U.S. Pat. No. 9,062,264 discloses a process and system for producing a renewable gasoline by separating a bio-gasoline fraction from bio oil, and directly blending it with a petroleum-derived gasoline, without any prior hydrotreatment. The disclosure also describes bio-gasoline compositions derived from lignocellulosic biomass catalytically pyrolyzed in a riser reactor in which the bio-gasoline contains hydrocarbons and oxygenates wherein phenolic compounds comprise at least 10% by weight, or carbon- and oxygen-containing compounds comprise at least 15% by weight of the bio-gasoline.
U.S. Pat. Nos. 8,277,684 and 8,864,984 disclose that products from a catalytic fast pyrolysis process using zeolites such as HZSM-5 as catalyst contain aromatics, that the products have high octane and can be used directly as fuels or as fuel additives, and a method for producing a biofuel or fuel additive composition with an octane number of at least 90 from a solid hydrocarbonaceous biomass material. However, without further processing only very minute quantities of the raw product mixture can be blended into gasoline to produce a gasoline blend that meets regulatory specifications. The disclosures do not address the conditions or processes required to produce a gasoline blendstock, the amount of fuel additive that could be used in a gasoline blending base stock or in a finished gasoline composition, or the properties of such a blended fuel. The disclosures do not suggest the removal of heteroatom contaminants, such as sulfur, nitrogen, and oxygenates, how to achieve a product that meets the allowable limits of dienes, vinyl-aromatics (e.g. styrene), and olefins in the product, nor how to achieve various gasoline blend specifications. The disclosures do not suggest concepts or process configurations to produce C5/C6 naphtha, cyclohexane, linear alkyl benzenes, or naphthenes.
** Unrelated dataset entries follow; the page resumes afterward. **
// Laws on the typing rules.

ghost use Rattle.al_sound_expressions.specs.Expressions.{ExpressionsAreSound};

/// What each tree of an expression gives is well typed: as a value, as one that is dropped, as what stands on the left of `=`,
/// and as what is called.
pub fn expressions_are_sound()
    ensures { ExpressionsAreSound }
{}
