//! What trees of expressions give is well typed. The function here does nothing, and its contract is a law.
#![tactic(auto)]

mod laws;

pub use laws::expressions_are_sound;
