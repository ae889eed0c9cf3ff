//! What is claimed of the operations of expressions and places, and how they move values. All is in specs/ and proofs/.
#![tactic(auto)]
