/// Those of call lifetime that the request carried do, whether the response is a result or an error.
#[test]
fn own_handles_end_with_a_response(rt: HostRuntime) -> Result<(), Fail> {
    let rows = r#"
        asks run call:7 explicit:8                                        | 1                                      | {"id":1,"jsonrpc":"2.0","method":"run","params":[{"__jsonrpc_marshaled":1,"handle":1,"lifetime":"call"},{"__jsonrpc_marshaled":1,"handle":2,"lifetime":"explicit"}]}
        asks run call:7                                                   | 2                                      | {"id":2,"jsonrpc":"2.0","method":"run","params":[{"__jsonrpc_marshaled":1,"handle":3,"lifetime":"call"}]}
        comes {"id":"a","jsonrpc":"2.0","method":"$/invokeProxy/1/poke"}  | asked "a" poke absent of object 7 by 1 |
        comes {"id":7,"jsonrpc":"2.0","result":0}                         | stray                                  |
        handle own 1                                                      | lives                                  |
        comes {"id":1,"jsonrpc":"2.0","result":0}                         | answered 1                             |
        handle own 1                                                      | ended                                  |
        handle own 2                                                      | lives                                  |
        handle own 3                                                      | lives                                  |
        comes {"id":"b","jsonrpc":"2.0","method":"$/invokeProxy/1/poke"}  | handled $/invokeProxy/1/poke           | {"error":{"code":-32001,"message":"no object"},"id":"b","jsonrpc":"2.0"}
        comes {"id":"c","jsonrpc":"2.0","method":"$/invokeProxy/2/poke"}  | asked "c" poke absent of object 8 by 2 |
        comes {"error":{"code":-1,"message":"no"},"id":2,"jsonrpc":"2.0"} | answered 2                             |
        handle own 3                                                      | ended                                  |
        handle own 2                                                      | lives                                  |
        answers "a" 5                                                     | ok                                     | {"id":"a","jsonrpc":"2.0","result":5}"#;
    a_life(&rt, rt.alloc(), rows)
}
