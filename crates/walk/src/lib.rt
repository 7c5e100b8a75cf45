// The walk: lemmas on its steps; its code is still to come.
#![tactic(auto)]
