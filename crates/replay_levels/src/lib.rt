// Sides and offsets of levels that the Rust was asked about, compared. A side's inputs are the size and the
// level. An offset's are the frame's width and height, both chroma shifts, pel, level, pitch and whether the
// source lies apart; its answers are the level's first byte in a luma plane and in a chroma plane.
#![tactic(auto)]

ghost use Rattle.std.specs.Prelude.{◌≡◌, true};
ghost use Rattle.cases.specs.Places.{IsSized};
ghost use Rattle.level_places.specs.Asked.{Rowed};

use cases::Case;
use level_places::{Pitches, SuperFrame};
use planes::Sides;
use whole::wrap32;

pub fn plane_size_agrees(case: &Case) -> bool
    ensures { result ≡ true → IsSized 2 1 case.now }
{
    let Some(words) = case.words::<2>() else {
        return false;
    };
    let [size, level] = words;
    case.answered(&[level_places::plane_size(size, level)])
}

fn frame_of(numbers: &[i64; 8]) -> SuperFrame {
    let [x, y, shift_x, shift_y, pel, level, pitch, separate] = numbers;
    let pitch = wrap32(*pitch);
    let pitches = Pitches {
        luma: pitch,
        u: pitch,
        v: pitch,
    };
    SuperFrame {
        frame: Sides {
            x: wrap32(*x),
            y: wrap32(*y),
        },
        shift: Sides {
            x: wrap32(*shift_x),
            y: wrap32(*shift_y),
        },
        pel: wrap32(*pel),
        level: wrap32(*level),
        pitch: pitches,
        separate: *separate == 1,
        source_pitch: pitches,
    }
}

// Whether the frame is one that an offset can be asked of.
fn served(frame: SuperFrame) -> bool
    ensures { result ≡ true → Rowed frame }
{
    limits::is_pel(frame.pel)
        & (0..=16384).contains(&frame.frame.y)
        & (0..=15).contains(&frame.level)
}

pub fn level_offset_agrees(case: &Case) -> bool
    ensures { result ≡ true → IsSized 8 2 case.now }
{
    let (Some(numbers), [luma, chroma]) = (case.inputs.as_array::<8>(), case.answers) else {
        return false;
    };
    let frame = frame_of(numbers);
    let pitch = frame.pitch.luma;
    if !served(frame) || !(0..=65536).contains(&pitch) {
        return false;
    }
    usize::try_from(*luma) == Ok(level_places::level_offset(frame, pitch, 0))
        && usize::try_from(*chroma) == Ok(level_places::level_offset(frame, pitch, frame.shift.y))
}
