// A tree whose joins wait to be made: its leaves are written one by one, and then everything is joined in linear time.
ghost use Rattle.std.specs.Prelude.{◌*◌, ◌≤◌, length};

mod methods;

// The cells of a tree, as the tree has them, but what stands in the inner cells does not count. The fields are those of a
// tree, and no type holds them for both: the contracts of each name its size, count and cells directly.
#[derive(Drop)]
pub struct Leaves<'a, E> {
    pub(crate) cells: &'a mut [E],
    pub(crate) size: usize,
    pub(crate) count: usize,
    // There are leaves for the elements, and cells for the leaves.
    ghost few: { count ≤ size },
    ghost long: { 2 * size ≤ length cells.now },
}
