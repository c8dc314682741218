// The way from an element to the end of its longest run: up over ever wider nodes, then down to one leaf.
ghost use Rattle.std.specs.Prelude.{◌≡◌, ◌+◌, ◌*◌, ◌<◌, ◌≤◌, true};
ghost use Rattle.segment_tree.specs.LongestRun.{Longest, OneLongestRun};
ghost use Rattle.segment_tree.specs.Walk.{Held, Stuck};

use super::Tree;
use crate::Element;

// Where a walk stands: at leaf `at`, the first of the `width` leaves below `node`, with what it passed joined.
#[derive(Drop)]
pub(crate) struct Stand<E: Element> {
    at: usize,
    node: usize,
    width: usize,
    joined: E,
}

impl<'a, E: Element> Tree<'a, E> {
    ghost use Rattle.segment_tree.specs.Trees.{elements};

    // Goes right from leaf a over whole nodes, ever wider, as far as what it passes fits.
    // It walks up the tree by hand: how far it goes at each turn depends on what fitted at the last.
    pub(crate) fn climb(&self, a: usize, limit: &E::Limit) -> Stand<E>
        requires order { a ≤ self.now.count }
        requires start { E.fits E.none limit.now ≡ true }
        ensures held { Held E.none E.op (λ x. E.fits x limit.now) self.now.size self.now.count self.now.cells.now a result.at result.node result.width result.joined }
        ensures stuck { Stuck E.none E.op (λ x. E.fits x limit.now) self.now.size self.now.count self.now.cells.now a result.at result.width }
    {
        let mut at = a;
        let mut node = self.size + a;
        let mut width = 1;
        let mut joined = E::empty();
        while width <= self.count - at {
            if node % 2 == 0 {
                node /= 2;
                width *= 2;
            } else {
                let more = joined.join(self.cells[node]);
                if !more.within(limit) {
                    return Stand {
                        at,
                        node,
                        width,
                        joined,
                    };
                }
                joined = more;
                at += width;
                node += 1;
            }
        }
        Stand {
            at,
            node,
            width,
            joined,
        }
    }

    // Goes on over ever narrower nodes, down to one leaf.
    // It walks down the tree by hand, as `climb` walks up.
    pub(crate) fn descend(&self, a: usize, limit: &E::Limit, start: Stand<E>) -> usize
        requires order { a ≤ self.now.count }
        requires held { Held E.none E.op (λ x. E.fits x limit.now) self.now.size self.now.count self.now.cells.now a start.at start.node start.width start.joined }
        requires stuck { Stuck E.none E.op (λ x. E.fits x limit.now) self.now.size self.now.count self.now.cells.now a start.at start.width }
        ensures { Longest E.none E.op (λ x. E.fits x limit.now) (elements self.now) a result }
    {
        let Stand {
            mut at,
            mut node,
            mut width,
            mut joined,
        } = start;
        while width > 1 {
            width /= 2;
            node *= 2;
            if width <= self.count - at {
                let more = joined.join(self.cells[node]);
                if more.within(limit) {
                    joined = more;
                    at += width;
                    node += 1;
                }
            }
        }
        at
    }
}

// Of the ends that a run from one place may have, at most one is the longest.
pub fn one_longest_run<E: Element>() -> u8
    ensures { OneLongestRun E.none E.op E.fits }
{
    0
}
In U. S. Patent Publication No. 2014/0107306 A1, a method and apparatus are described for pyrolysis of biomass and conversion of at least one pyrolysis product to another chemical compound. The latter method comprises feeding a hydrocarbonaceous material to a reactor, pyrolyzing within the reactor at least a portion of the hydrocarbonaceous material under reaction conditions sufficient to produce one or more pyrolysis products, catalytically reacting at least a portion of the pyrolysis products, separating at least a portion of the hydrocarbon products, and reacting a portion of the hydrocarbon products to produce a chemical intermediate.
In U.S. Pat. Nos. 8,277,643; 8,864,984; U.S. Patent Publication 2012/0203042 A1; U. S. Patent Publication 2013/0060070 A1, U. S. Patent Publication 2014/0027265 A1; and US Patent Publication 2014/0303414 A1, each incorporated herein by reference in its entirety, apparatus and process conditions suitable for catalytic fast pyrolysis are described.
In light of current commercial practices and the disclosures of art, a simple economical process for producing renewable gasoline blending stocks, diesel fuels, or jet fuels that meet technical and regulatory limitations by use of catalytic pyrolysis of biomass is needed. The present invention provides such a process and the resulting blend compositions and chemicals.